DATASET CONTENT –
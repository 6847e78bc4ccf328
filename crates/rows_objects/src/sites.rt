//! Sites: `site NAME`, `device INSTANCE VENDOR LINK NAME`, and for each object
//! `object TYPE INSTANCE NAME DESCRIPTION DEFAULT`; `crowd N` are as many Integer Values.

use objects::{SiteObject, SiteObjects, ValueKind};
use profile::LinkKind;
use sheets::{Part, Row, Stop, two_words};
use std::alloc::Allocator;
use tags::{Items, Octets, Value};
use words::{parse_number, parse_octets, parse_value};

/// The words of a device that no row describes yet.
const NO_DEVICE: &str = "0 0 ip -";

/// A site in words: the rows of its file, and `NAME`, `NAME with OBJECT`, `NAME as INSTANCE NAME` or
/// `NAME on LINK`.
#[derive(Clone, Copy)]
pub(crate) struct Described<'r> {
    pub(crate) rows: &'r [Row<'r>],
    pub(crate) words: &'r str,
}

impl<'r> Described<'r> {
    /// The site, in memory of an allocator.
    ///
    /// # Errors
    /// `Unread` where no row describes it, and `Memory`.
    pub(crate) fn site<A: Allocator + Copy>(self, memory: A) -> Result<SiteObjects<A>, Stop> {
        let (name, change) = two_words(self.words);
        if !is_described(self.rows, name) {
            return Err(Stop::Unread(Part::Asked));
        }
        let mut site = device(memory, NO_DEVICE)?;
        add_rows(memory, &mut site, self.rows, name)?;
        if !change.is_empty() {
            add(memory, &mut site, change)?;
        }
        Ok(site)
    }
}

/// Adds what the rows of this name say to a site.
fn add_rows<A: Allocator + Copy>(
    memory: A,
    site: &mut SiteObjects<A>,
    rows: &[Row<'_>],
    name: &str,
) -> Result<(), Stop> {
    let mut is_named = false;
    for row in rows {
        match row.asked.strip_prefix("site ") {
            Some(site_name) => is_named = site_name == name,
            None if is_named && row.wanted.is_none() => add(memory, site, row.asked)?,
            None => {}
        }
    }
    Ok(())
}

/// Whether a row begins the site of this name.
fn is_described(rows: &[Row<'_>], name: &str) -> bool {
    for row in rows {
        if row.asked.strip_prefix("site ") == Some(name) {
            return true;
        }
    }
    false
}

/// Adds what words say to a site.
fn add<A: Allocator + Copy>(memory: A, site: &mut SiteObjects<A>, words: &str) -> Result<(), Stop> {
    let (word, rest) = two_words(words);
    match word {
        "device" => {
            *site = device(memory, rest)?;
            Ok(())
        }
        "object" | "with" => add_object(memory, site, rest),
        "crowd" => add_crowd(memory, site, parse_number(rest)?),
        "as" => rename(memory, site, rest),
        "on" => {
            site.data_link = data_link(rest)?;
            Ok(())
        }
        _ => Err(Stop::Unread(Part::Asked)),
    }
}

/// Adds a value object to a site.
fn add_object<A: Allocator + Copy>(
    memory: A,
    site: &mut SiteObjects<A>,
    words: &str,
) -> Result<(), Stop> {
    site.objects.push(object(memory, words)?)?;
    Ok(())
}

/// Gives a site another instance and name.
fn rename<A: Allocator + Copy>(
    memory: A,
    site: &mut SiteObjects<A>,
    words: &str,
) -> Result<(), Stop> {
    let (instance, name) = two_words(words);
    site.instance = parse_number(instance)?;
    site.name = parse_octets(memory, name)?;
    Ok(())
}

/// A data link.
fn data_link(word: &str) -> Result<LinkKind, Stop> {
    match word {
        "ip" => Ok(LinkKind::BacnetIp),
        "mstp" => Ok(LinkKind::MsTp),
        _ => Err(Stop::Unread(Part::Asked)),
    }
}

/// A device without objects: its instance, vendor, data link and name.
fn device<A: Allocator + Copy>(memory: A, words: &str) -> Result<SiteObjects<A>, Stop> {
    let (instance, rest) = two_words(words);
    let (vendor, rest) = two_words(rest);
    let (link, name) = two_words(rest);
    let instance = parse_number(instance)?;
    let vendor = parse_number(vendor)?;
    let data_link = data_link(link)?;
    Ok(SiteObjects {
        name: parse_octets(memory, name)?,
        instance,
        vendor,
        data_link,
        objects: Items::new(memory),
    })
}

/// A value object: its type, instance, name, description and default.
fn object<A: Allocator + Copy>(memory: A, words: &str) -> Result<SiteObject<A>, Stop> {
    let (type_word, rest) = two_words(words);
    let (instance, rest) = two_words(rest);
    let (name, rest) = two_words(rest);
    let kind = kind(type_word)?;
    let instance = parse_number(instance)?;
    let (default, description) = default_and_description(memory, rest)?;
    Ok(SiteObject {
        kind,
        instance,
        name: parse_octets(memory, name)?,
        default,
        description,
    })
}

/// The default and the description of a value object, which stands before it.
fn default_and_description<A: Allocator + Copy>(
    memory: A,
    words: &str,
) -> Result<(Value<A>, Octets<A>), Stop> {
    let (description, default) = two_words(words);
    Ok((
        parse_value(memory, default)?,
        parse_octets(memory, description)?,
    ))
}

/// A type of value object: `binary-value`, `multi-state-value/3`, `character-string-value` or
/// `integer-value/95`.
fn kind(word: &str) -> Result<ValueKind, Stop> {
    match word.split_once('/') {
        Some(("multi-state-value", states)) => Ok(ValueKind::MultiState {
            number_of_states: parse_number(states)?,
        }),
        Some(("integer-value", units)) => Ok(ValueKind::Integer {
            units: parse_number(units)?,
        }),
        None if word == "binary-value" => Ok(ValueKind::Binary),
        None if word == "character-string-value" => Ok(ValueKind::CharacterString),
        _ => Err(Stop::Unread(Part::Asked)),
    }
}

/// Adds this number of Integer Values without units, from instance 0, each named by its instance.
fn add_crowd<A: Allocator + Copy>(
    memory: A,
    site: &mut SiteObjects<A>,
    count: u32,
) -> Result<(), Stop> {
    for instance in 0..count {
        site.objects.push(one_of_crowd(memory, instance)?)?;
    }
    Ok(())
}

/// An Integer Value without units, named by its instance.
fn one_of_crowd<A: Allocator + Copy>(memory: A, instance: u32) -> Result<SiteObject<A>, Stop> {
    let name = format!(in memory; "{instance}")?;
    Ok(SiteObject {
        kind: ValueKind::Integer { units: 95 },
        instance,
        name: Items::from_slice(memory, name.as_bytes())?,
        default: Value::Signed(0),
        description: Items::new(memory),
    })
}
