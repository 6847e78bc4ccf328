//! What was told of a request.

ghost use Rattle.std.specs.Prelude.{◌≡◌, option_map};
ghost use Rattle.history.specs.Legal as legal;
ghost use Rattle.history.specs.Lists.{last_of_those};
ghost use Rattle.verdicts.specs.Verdicts as spec;
ghost use Rattle.verdicts.specs.Verdicts.{is_sought};

use history::Entry;

/// What is looked for of a request.
#[derive(Clone, Copy, Debug, PartialEq, Eq)]
enum Sought {
    /// How it ended.
    End,
    /// Its issue, or whatever came of it.
    Anything,
}

/// The last entry that says how the request of a number ended, if there is one.
pub(crate) fn closing_of<S, Q, R>(
    number: u64,
    history: &[Entry<S, Q, R>],
) -> Option<&Entry<S, Q, R>>
    ensures { option_map (λ e. e.now) result ≡ spec.closing_of number history.now }
{
    last_sought(Sought::End, number, history)
}

/// The last entry that tells of the request of a number, its issue included, if there is one.
pub fn last_told<S, Q, R>(number: u64, history: &[Entry<S, Q, R>]) -> Option<&Entry<S, Q, R>>
    ensures { option_map (λ e. e.now) result ≡ spec.last_told number history.now }
{
    last_sought(Sought::Anything, number, history)
}

/// The last entry that is looked for.
#[tactic(auto, using(crate::proofs::ToldLaws::told_laws))]
fn last_sought<S, Q, R>(
    sought: Sought,
    number: u64,
    history: &[Entry<S, Q, R>],
) -> Option<&Entry<S, Q, R>>
    ensures { option_map (λ e. e.now) result ≡ last_of_those (is_sought sought number) history.now }
{
    let mut last = None;
    let mut left = history;
    while let [first, rest @ ..] = left {
        if is_sought(sought, number, first) {
            last = Some(first);
        }
        left = rest;
    }
    last
}

/// Whether an entry is what is looked for.
fn is_sought<S, Q, R>(sought: Sought, number: u64, entry: &Entry<S, Q, R>) -> bool
    ensures { result ≡ is_sought sought number entry.now }
{
    match sought {
        Sought::End => closes(number, entry),
        Sought::Anything => tells_of(number, entry),
    }
}

/// Whether an entry says how the request of a number ended.
fn closes<S, Q, R>(number: u64, entry: &Entry<S, Q, R>) -> bool
    ensures { result ≡ legal.closes number entry.now }
{
    match entry {
        Entry::Answered { number: other, .. } | Entry::Ended { number: other, .. } => {
            *other == number
        }
        Entry::Issue { .. } | Entry::Executed { .. } | Entry::Restarted { .. } => false,
    }
}

/// Whether an entry tells of the request of a number.
fn tells_of<S, Q, R>(number: u64, entry: &Entry<S, Q, R>) -> bool
    ensures { result ≡ spec.tells_of number entry.now }
{
    match entry {
        Entry::Issue { number: other, .. }
        | Entry::Executed { number: other, .. }
        | Entry::Answered { number: other, .. }
        | Entry::Ended { number: other, .. } => *other == number,
        Entry::Restarted { .. } => false,
    }
}
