//! Copies of requests and replies, and of `levels 1 2`, a list of a type of the program's own: equal, in
//! memory of the caller's, or there is none.

use crate::text::{expanded, is_reply};
use primitives::{CopyIn, copy_all};
use sheets::{Counts, Given, Stop, Trial, reply_in, request_in, try_row};
use std::alloc::{AllocError, Allocator};
use tags::Items;
use words::parse_number;

/// What is copied, in words. It lies in memory of its own, which is refused during the copy.
#[derive(Clone, Copy)]
struct Copied<'w>(&'w str);

impl<'w, 'a> Trial<'a> for Copied<'w> {
    fn answer(&self, given: Given<'a>, _octets: &[u8]) -> Result<String, Stop> {
        let Given { memory, other, .. } = given;
        let is_equal = match self.0.split_once(' ') {
            Some(("levels", words)) => is_list_copied(given, other, memory, words)?,
            _ if is_reply(self.0) => is_reply_copied(given, other, memory, self.0)?,
            _ => is_request_copied(given, other, memory, self.0)?,
        };
        let found = if is_equal { "equal" } else { "not equal" };
        Ok(String::from_str(given.alloc, found)?)
    }
}

/// Whether the copy of a request is equal.
fn is_request_copied<A: Allocator + Copy>(
    given: Given<'_>,
    from: A,
    to: A,
    words: &str,
) -> Result<bool, Stop> {
    let request = request_in(from, words)?;
    given.other.refuse_all();
    let copy = request.copy(to);
    given.other.refuse_only(0);
    Ok(copy? == request)
}

/// Whether the copy of a reply is equal.
fn is_reply_copied<A: Allocator + Copy>(
    given: Given<'_>,
    from: A,
    to: A,
    words: &str,
) -> Result<bool, Stop> {
    let reply = reply_in(from, words)?;
    given.other.refuse_all();
    let copy = reply.copy(to);
    given.other.refuse_only(0);
    Ok(copy? == reply)
}

/// A part of a list that is copied.
#[derive(Clone, Copy, PartialEq)]
struct Lamp {
    level: u8,
}

impl<A: Allocator> CopyIn<A> for Lamp {
    fn copy_in(&self, _alloc: A) -> Result<Lamp, AllocError> {
        Ok(*self)
    }
}

/// Whether the copy of a list is equal, and is not once the list has grown.
fn is_list_copied<A: Allocator + Copy>(
    given: Given<'_>,
    from: A,
    to: A,
    words: &str,
) -> Result<bool, Stop> {
    let mut lamps = Items::new(from);
    for word in words.split(' ') {
        let level = parse_number(word)?;
        lamps.push(Lamp { level })?;
    }
    given.other.refuse_all();
    let copy = copy_all(to, lamps.as_slice());
    given.other.refuse_only(0);
    let copy = copy?;
    let is_equal = copy == lamps;
    lamps.push(Lamp { level: 0 })?;
    Ok(is_equal && copy != lamps)
}

/// Runs a row.
pub(crate) fn run(given: Given<'_>, asked: &str, wanted: &str) -> Result<Counts, Stop> {
    let words = expanded(given.alloc, asked)?;
    try_row(given, &Copied(words.as_str()), &[], wanted)
}
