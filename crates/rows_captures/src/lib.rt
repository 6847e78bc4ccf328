//! Rows on captures, which are read, written, explained and diagnosed, and on the conformance statement (ANSI/ASHRAE
//! 135, Annexes A and J and clause 9.3; pcap and pcapng). The program `rows` runs them.
//!
//! - `explaining`: captures that are explained. Rows of packets and of what they show are those of `rows_packets`.
//! - `stating`: the rows of the statement.
#![tactic(auto)]

mod explaining;
mod stating;

use rows_packets::run_packets;
use sheets::{Bench, Counts, Given, Report, Row, Stop, two_words};
use std::alloc::AllocError;
use words::Spelling;

/// What these rows run on.
pub struct CaptureRows;

impl Bench for CaptureRows {
    fn run(
        given: Given<'_>,
        _name: &str,
        rows: &[Row<'_>],
        report: &mut Report<'_>,
    ) -> Result<(), AllocError> {
        for row in rows {
            report.add(row, run_row(given, rows, row))?;
        }
        Ok(())
    }
}

/// Runs a row. Rows that give a piece its name are read where it is asked for.
fn run_row(given: Given<'_>, rows: &[Row<'_>], row: &Row<'_>) -> Result<Counts, Stop> {
    let Some(wanted) = row.wanted else {
        return Ok(Counts::none());
    };
    let (word, words) = two_words(row.asked);
    match word {
        "explain" => explaining::run(given, Spelling::Numbers, rows, words, wanted),
        "named" => explaining::run(given, Spelling::Names, rows, words, wanted),
        "text" => stating::run(given, pics::Form::Text, words, wanted),
        "markdown" => stating::run(given, pics::Form::Markdown, words, wanted),
        _ => run_packets(given, rows, word, words, wanted),
    }
}
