//! Requests: `read 5:1 85`, `write 45:1 85 signed 20 at 8`, `many 5:1 85,87/17 8:99 76`,
//! `batch 45:1 85 signed 20 at 8; 45:1 28 text -; 5:1 85 null`.

ghost use Rattle.std.specs.Prelude.{◌≡◌, ◌∷◌, ◌++◌, ◌⊎◌, ◌↔◌, [], IfOk, IfErr, OnOk, IsTrue};
ghost use Rattle.std.specs.Prelude.{length, option_map};
ghost use Rattle.std.specs.Bool.{MatchBool};
ghost use Rattle.tags.specs.declared.object_id.ObjectId.{ObjectId};
ghost use Rattle.primitives.specs.Sound.{IsSoundRequest};
ghost use Rattle.words.specs.Requests.{AreGrouped, EndsElsewhere, EndsWith, SaysBatch, SaysObjectWrite, SaysPlace};
ghost use Rattle.words.specs.Requests.{SaysPriority, SaysMany, SaysReferences, SaysRefs, SaysRequest, SaysWrite};
ghost use Rattle.words.specs.Requests.{all_writes, other_refs};
ghost use Rattle.words.specs.NoRequests.{HasSingleValues, HaveSingleValues, AreSingle, NoBatch, NoMany, NoObjectWrite};
ghost use Rattle.words.specs.NoRequests.{NoPlace, NoPriority, NoReferences, NoRefs, NoRequest, NoWrite, SaysSeveral};
ghost use Rattle.words.specs.NoRequests.{SaysUnspelled};

use crate::octets::parse_u8;
use crate::parts::{cut_at, cut_first, cut_last};
use crate::reference::{parse_object, parse_reference};
use crate::unread::Unread;
use crate::value::given_values;
use primitives::{ObjectRefs, ObjectWrites, PropertyReference, PropertyWrite, Request, Values};
use std::alloc::{AllocError, Allocator};
use tags::{Items, ObjectId};

/// The request that words say: each write has one value, neighbouring writes to one object in a
/// `batch` are one group, and the request has a spelling.
///
/// # Errors
/// `Memory`, `Sound` for a request without a spelling, `Value` for a write of no value or of
/// several, or what is missing of the words.
pub fn parse_request<A: Allocator + Copy>(alloc: A, words: &str) -> Result<Request<A>, Unread>
    ensures read { IfOk result (SaysRequest words.now) }
    ensures single { IfOk result HasSingleValues }
    ensures sound { IfOk result IsSoundRequest }
    ensures refused { IfErr result (λ e. (e ≡ Unread.Memory) ⊎ NoRequest A words.now ⊎
        ((e ≡ Unread.Value) × SaysSeveral A words.now) ⊎ ((e ≡ Unread.Sound) × SaysUnspelled A words.now)) }
{
    let request = parse_any_request(alloc, words)?;
    if !has_single_values(&request) {
        return Err(Unread::Value);
    }
    if !request.is_sound() {
        return Err(Unread::Sound);
    }
    Ok(request)
}

/// The request that words say, with a spelling or without, whose writes may have no value, or
/// several that are parted by `, `: for tests of what a device makes of it.
///
/// # Errors
/// `Memory`, or what is missing of the words.
#[tactic(auto, using(crate::proofs::Requests::request_laws))]
pub fn parse_any_request<A: Allocator + Copy>(alloc: A, words: &str) -> Result<Request<A>, Unread>
    ensures read { IfOk result (SaysRequest words.now) }
    ensures refused { IfErr result (λ e. (e ≡ Unread.Memory) ⊎ NoRequest A words.now) }
{
    let Some((verb, rest)) = cut_at(words, ' ') else {
        return Err(Unread::Request);
    };
    match verb {
        "read" => {
            let (object, reference) = place(rest)?;
            Ok(Request::Read {
                object,
                property: reference.property,
                index: reference.index,
            })
        }
        "write" => {
            let (object, write) = object_write(alloc, rest)?;
            Ok(one_write(object, write))
        }
        "many" => Ok(Request::ReadMany(many(alloc, rest)?)),
        "batch" => Ok(Request::WriteMany(batch(alloc, rest)?)),
        _ => Err(Unread::Request),
    }
}

/// Whether each write has one value.
fn has_single_values<A: Allocator>(request: &Request<A>) -> bool
    ensures { IsTrue result ↔ HasSingleValues request.now }
{
    match request {
        Request::Read { .. } | Request::ReadMany(_) => true,
        Request::Write { values, .. } => values.len() == 1,
        Request::WriteMany(groups) => have_single_values(groups.as_slice()),
    }
}

/// Whether each write of the groups has one value.
fn have_single_values<A: Allocator>(groups: &[ObjectWrites<A>]) -> bool
    ensures { IsTrue result ↔ HaveSingleValues groups.now }
{
    let mut left = groups;
    while let [first, rest @ ..] = left {
        if !are_single(first.writes.as_slice()) {
            return false;
        }
        left = rest;
    }
    true
}

/// Whether each of the writes has one value.
fn are_single<A: Allocator>(writes: &[PropertyWrite<A>]) -> bool
    ensures { IsTrue result ↔ AreSingle writes.now }
{
    let mut left = writes;
    while let [first, rest @ ..] = left {
        if first.values.len() != 1 {
            return false;
        }
        left = rest;
    }
    true
}

/// An object, and a property of it or an element of one.
#[tactic(auto, using(crate::proofs::Requests::place_laws))]
fn place(words: &str) -> Result<(ObjectId, PropertyReference), Unread>
    ensures read { IfOk result (λ x. SaysPlace words.now x.0 x.1.property x.1.index) }
    ensures refused { IfErr result (λ e. NoPlace words.now) }
{
    let Some((id, place)) = cut_at(words, ' ') else {
        return Err(Unread::Request);
    };
    Ok((parse_object(id)?, parse_reference(place)?))
}

/// A write without its object, as `85 signed 20 at 8`, `85 at 8` or `85`.
#[tactic(auto, using(crate::proofs::Requests::write_laws))]
fn property_write<A: Allocator + Copy>(alloc: A, words: &str) -> Result<PropertyWrite<A>, Unread>
    ensures read { IfOk result (SaysWrite words.now) }
    ensures refused { IfErr result (λ e. (e ≡ Unread.Memory) ⊎ NoWrite A words.now) }
{
    let (front, level) = cut_last(words, " at ");
    let priority = priority_of(level)?;
    let (place, given) = cut_first(front, " ");
    if let Some("") = given {
        return Err(Unread::Value);
    }
    let PropertyReference { property, index } = parse_reference(place)?;
    Ok(PropertyWrite {
        property,
        index,
        values: given_values(alloc, given)?,
        priority,
    })
}

/// The priority that a word says, if there is a word.
fn priority_of(level: Option<&str>) -> Result<Option<u8>, Unread>
    ensures read { IfOk result (SaysPriority (option_map (λ w. w.now) level.entry)) }
    ensures refused { IfErr result (λ e. NoPriority (option_map (λ w. w.now) level.entry)) }
{
    match level {
        Some(word) => Ok(Some(parse_u8(word)?)),
        None => Ok(None),
    }
}

/// An object, and a write to it.
#[tactic(auto, using(crate::proofs::Requests::object_laws))]
fn object_write<A: Allocator + Copy>(
    alloc: A,
    words: &str,
) -> Result<(ObjectId, PropertyWrite<A>), Unread>
    ensures read { IfOk result (SaysObjectWrite words.now) }
    ensures refused { IfErr result (λ e. (e ≡ Unread.Memory) ⊎ NoObjectWrite A words.now) }
{
    let Some((id, rest)) = cut_at(words, ' ') else {
        return Err(Unread::Request);
    };
    Ok((parse_object(id)?, property_write(alloc, rest)?))
}

/// A WriteProperty.
fn one_write<A: Allocator>(object: ObjectId, write: PropertyWrite<A>) -> Request<A>
    ensures { result ≡ Request.Write object write.property write.index write.values write.priority }
{
    let PropertyWrite {
        property,
        index,
        values,
        priority,
    } = write;
    Request::Write {
        object,
        property,
        index,
        values,
        priority,
    }
}

/// References to properties of an object, parted by commas.
#[tactic(auto, using(crate::proofs::Lists::list_laws))]
fn references<A: Allocator + Copy>(
    alloc: A,
    words: &str,
) -> Result<Items<PropertyReference, A>, Unread>
    ensures read { IfOk result (SaysReferences words.now) }
    ensures refused { IfErr result (λ e. (e ≡ Unread.Memory) ⊎ NoReferences words.now) }
{
    let mut refs = Items::new(alloc);
    let mut rest = Some(words);
    while let Some(here) = rest {
        let (one, others) = cut_first(here, ",");
        refs.push(parse_reference(one)?)?;
        rest = others;
    }
    Ok(refs)
}

/// An object and references to its properties, and what stands behind them.
#[tactic(auto, using(crate::proofs::Requests::refs_laws))]
fn object_refs<A: Allocator + Copy>(
    alloc: A,
    words: &str,
) -> Result<(ObjectRefs<A>, Option<&str>), Unread>
    ensures read { IfOk result (λ x. SaysRefs words.entry.now x.0) }
    ensures rest { IfOk result (λ x. option_map (λ w. w.now) x.1 ≡ other_refs words.entry.now) }
    ensures refused { IfErr result (λ e. (e ≡ Unread.Memory) ⊎ NoRefs A words.entry.now) }
{
    let Some((id, behind)) = cut_at(words, ' ') else {
        parse_object(words)?;
        return Err(Unread::Reference);
    };
    let object = parse_object(id)?;
    let (places, rest) = cut_first(behind, " ");
    let refs = references(alloc, places)?;
    Ok((ObjectRefs { object, refs }, rest))
}

/// The objects and references of a ReadPropertyMultiple.
#[tactic(auto, using(crate::proofs::Lists::list_laws))]
fn many<A: Allocator + Copy>(alloc: A, words: &str) -> Result<Items<ObjectRefs<A>, A>, Unread>
    ensures read { IfOk result (SaysMany words.now) }
    ensures refused { IfErr result (λ e. (e ≡ Unread.Memory) ⊎ NoMany A words.now) }
{
    let mut groups = Items::new(alloc);
    let mut rest = Some(words);
    while let Some(here) = rest {
        let (group, others) = object_refs(alloc, here)?;
        groups.push(group)?;
        rest = others;
    }
    Ok(groups)
}

/// The writes of a WritePropertyMultiple.
#[tactic(auto, using(crate::proofs::Lists::write_list_laws))]
fn batch<A: Allocator + Copy>(alloc: A, words: &str) -> Result<Items<ObjectWrites<A>, A>, Unread>
    ensures read { IfOk result (SaysBatch words.now) }
    ensures refused { IfErr result (λ e. (e ≡ Unread.Memory) ⊎ NoBatch A words.now) }
{
    let mut groups: Vec<ObjectWrites<A>, A> = Vec::new(alloc);
    let mut rest = Some(words);
    while let Some(here) = rest {
        let (one, others) = cut_first(here, "; ");
        let (object, write) = object_write(alloc, one)?;
        add_write(alloc, &mut groups, object, write)?;
        rest = others;
    }
    Ok(Items::from_vec(groups))
}

/// Adds a write to the last group where that is of its object, and as a new group otherwise.
fn add_write<A: Allocator + Copy>(
    alloc: A,
    groups: &mut Vec<ObjectWrites<A>, A>,
    object: ObjectId,
    write: PropertyWrite<A>,
) -> Result<(), AllocError>
    ensures added { OnOk result (all_writes groups.new.items ≡ all_writes groups.old.items ++ (object, write) ∷ []) }
    ensures grouped { OnOk result (AreGrouped groups.old.items → AreGrouped groups.new.items) }
{
    if ends_with_object(groups.as_slice(), object) {
        add_to_last(groups.as_mut_slice(), write)
    } else {
        groups.push(first_write(alloc, object, write)?)?;
        Ok(())
    }
}

/// Whether the last group is to the object.
#[tactic(auto, using(crate::proofs::Groups::end_laws))]
fn ends_with_object<A: Allocator>(groups: &[ObjectWrites<A>], object: ObjectId) -> bool
    ensures { MatchBool result (EndsWith object groups.now) (EndsElsewhere object groups.now) }
{
    match groups {
        [.., last] => last.object == object,
        [] => false,
    }
}

/// Adds a write to the last group, if there is one.
fn add_to_last<A: Allocator>(
    groups: &mut [ObjectWrites<A>],
    write: PropertyWrite<A>,
) -> Result<(), AllocError>
    ensures added { OnOk result ((object : ObjectId) → EndsWith object groups.old →
        all_writes groups.new ≡ all_writes groups.old ++ (object, write) ∷ []) }
    ensures grouped { OnOk result (AreGrouped groups.old → AreGrouped groups.new) }
    ensures kept { length groups.new ≡ length groups.old }
{
    if let [.., last] = groups {
        last.writes.push(write)?;
    }
    Ok(())
}

/// A write to an object, as the first of its group.
fn first_write<A: Allocator>(
    alloc: A,
    object: ObjectId,
    write: PropertyWrite<A>,
) -> Result<ObjectWrites<A>, AllocError>
    ensures { IfOk result (λ group. (group.object ≡ object) × (group.writes ≡ write ∷ [])) }
{
    let mut writes = Items::new(alloc);
    writes.push(write)?;
    Ok(ObjectWrites { object, writes })
}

WHAT IS REQUIRED – What are the lines, exactly as written above, from the line with "IfOk result (SaysPriority" to the line with "Result<(ObjectRefs<A>, Option<&str>), Unread>", both included? Output only those.

WRITTEN ANSWER –
    ensures read { IfOk result (SaysPriority (option_map (λ w. w.now) level.entry)) }
    ensures refused { IfErr result (λ e. NoPriority (option_map (λ w. w.now) level.entry)) }
{
    match level {
        Some(word) => Ok(Some(parse_u8(word)?)),
        None => Ok(None),
    }
}

/// An object, and a write to it.
#[tactic(auto, using(crate::proofs::Requests::object_laws))]
fn object_write<A: Allocator + Copy>(
    alloc: A,
    words: &str,
) -> Result<(ObjectId, PropertyWrite<A>), Unread>
    ensures read { IfOk result (SaysObjectWrite words.now) }
    ensures refused { IfErr result (λ e. (e ≡ Unread.Memory) ⊎ NoObjectWrite A words.now) }
{
    let Some((id, rest)) = cut_at(words, ' ') else {
        return Err(Unread::Request);
    };
    Ok((parse_object(id)?, property_write(alloc, rest)?))
}

/// A WriteProperty.
fn one_write<A: Allocator>(object: ObjectId, write: PropertyWrite<A>) -> Request<A>
    ensures { result ≡ Request.Write object write.property write.index write.values write.priority }
{
    let PropertyWrite {
        property,
        index,
        values,
        priority,
    } = write;
    Request::Write {
        object,
        property,
        index,
        values,
        priority,
    }
}

/// References to properties of an object, parted by commas.
#[tactic(auto, using(crate::proofs::Lists::list_laws))]
fn references<A: Allocator + Copy>(
    alloc: A,
    words: &str,
) -> Result<Items<PropertyReference, A>, Unread>
    ensures read { IfOk result (SaysReferences words.now) }
    ensures refused { IfErr result (λ e. (e ≡ Unread.Memory) ⊎ NoReferences words.now) }
{
    let mut refs = Items::new(alloc);
    let mut rest = Some(words);
    while let Some(here) = rest {
        let (one, others) = cut_first(here, ",");
        refs.push(parse_reference(one)?)?;
        rest = others;
    }
    Ok(refs)
}

/// An object and references to its properties, and what stands behind them.
#[tactic(auto, using(crate::proofs::Requests::refs_laws))]
fn object_refs<A: Allocator + Copy>(
    alloc: A,
    words: &str,
) -> Result<(ObjectRefs<A>, Option<&str>), Unread>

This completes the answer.